Start of DATA SUPPLIED

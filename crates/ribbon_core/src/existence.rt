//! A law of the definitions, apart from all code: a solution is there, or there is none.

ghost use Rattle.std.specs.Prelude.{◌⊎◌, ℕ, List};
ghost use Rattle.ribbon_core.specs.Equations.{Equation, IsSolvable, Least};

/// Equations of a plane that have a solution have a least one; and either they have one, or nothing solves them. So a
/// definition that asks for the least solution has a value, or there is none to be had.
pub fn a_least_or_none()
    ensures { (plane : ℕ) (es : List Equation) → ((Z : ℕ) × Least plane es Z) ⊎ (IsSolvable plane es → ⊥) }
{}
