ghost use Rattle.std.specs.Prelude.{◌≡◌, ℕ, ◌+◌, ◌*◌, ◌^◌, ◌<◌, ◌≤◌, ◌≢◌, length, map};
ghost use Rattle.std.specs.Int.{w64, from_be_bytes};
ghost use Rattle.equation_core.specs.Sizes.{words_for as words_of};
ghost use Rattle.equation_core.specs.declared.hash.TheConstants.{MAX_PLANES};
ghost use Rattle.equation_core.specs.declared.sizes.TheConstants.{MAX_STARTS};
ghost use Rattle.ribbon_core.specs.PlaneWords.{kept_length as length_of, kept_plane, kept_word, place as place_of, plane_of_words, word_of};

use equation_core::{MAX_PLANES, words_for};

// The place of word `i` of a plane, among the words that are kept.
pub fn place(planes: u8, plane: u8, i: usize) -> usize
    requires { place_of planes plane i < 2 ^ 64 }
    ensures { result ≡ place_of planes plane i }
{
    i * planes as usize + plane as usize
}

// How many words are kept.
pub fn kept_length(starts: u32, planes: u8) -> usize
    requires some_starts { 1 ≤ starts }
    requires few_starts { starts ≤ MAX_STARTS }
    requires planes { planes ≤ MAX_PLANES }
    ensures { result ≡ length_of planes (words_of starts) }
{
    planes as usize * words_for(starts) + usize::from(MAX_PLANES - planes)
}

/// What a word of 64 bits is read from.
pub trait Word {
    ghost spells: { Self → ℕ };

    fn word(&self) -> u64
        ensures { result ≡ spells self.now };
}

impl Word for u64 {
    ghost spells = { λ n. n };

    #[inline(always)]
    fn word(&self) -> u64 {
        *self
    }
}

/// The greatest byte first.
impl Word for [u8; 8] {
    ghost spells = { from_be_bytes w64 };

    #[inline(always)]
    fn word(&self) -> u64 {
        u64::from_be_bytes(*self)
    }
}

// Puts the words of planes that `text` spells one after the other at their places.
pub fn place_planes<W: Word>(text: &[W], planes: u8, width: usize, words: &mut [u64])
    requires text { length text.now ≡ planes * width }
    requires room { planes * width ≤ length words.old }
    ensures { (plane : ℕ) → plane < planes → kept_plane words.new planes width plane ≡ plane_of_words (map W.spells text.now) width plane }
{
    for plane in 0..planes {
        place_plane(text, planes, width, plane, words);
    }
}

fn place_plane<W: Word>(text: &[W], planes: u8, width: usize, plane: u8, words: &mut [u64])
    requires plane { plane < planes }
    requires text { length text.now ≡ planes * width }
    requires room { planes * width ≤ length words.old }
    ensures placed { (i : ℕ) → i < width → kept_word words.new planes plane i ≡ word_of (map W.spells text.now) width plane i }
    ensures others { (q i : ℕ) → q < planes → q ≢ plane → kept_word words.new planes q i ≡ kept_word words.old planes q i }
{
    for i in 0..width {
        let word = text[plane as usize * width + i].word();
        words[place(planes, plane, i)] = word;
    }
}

End of DATA SUPPLIED

* [THE PROBLEM]: From the records above, copy only the lines starting with the line that holds "kept_plane, kept_word, place" and going on through the line that holds "pub fn place(planes: u8, plane: u8, i: usize)", exactly as written.

* [ANSWER FOR THIS EXERCISE]:
ghost use Rattle.ribbon_core.specs.PlaneWords.{kept_length as length_of, kept_plane, kept_word, place as place_of, plane_of_words, word_of};

use equation_core::{MAX_PLANES, words_for};

// The place of word `i` of a plane, among the words that are kept.
pub fn place(planes: u8, plane: u8, i: usize) -> usize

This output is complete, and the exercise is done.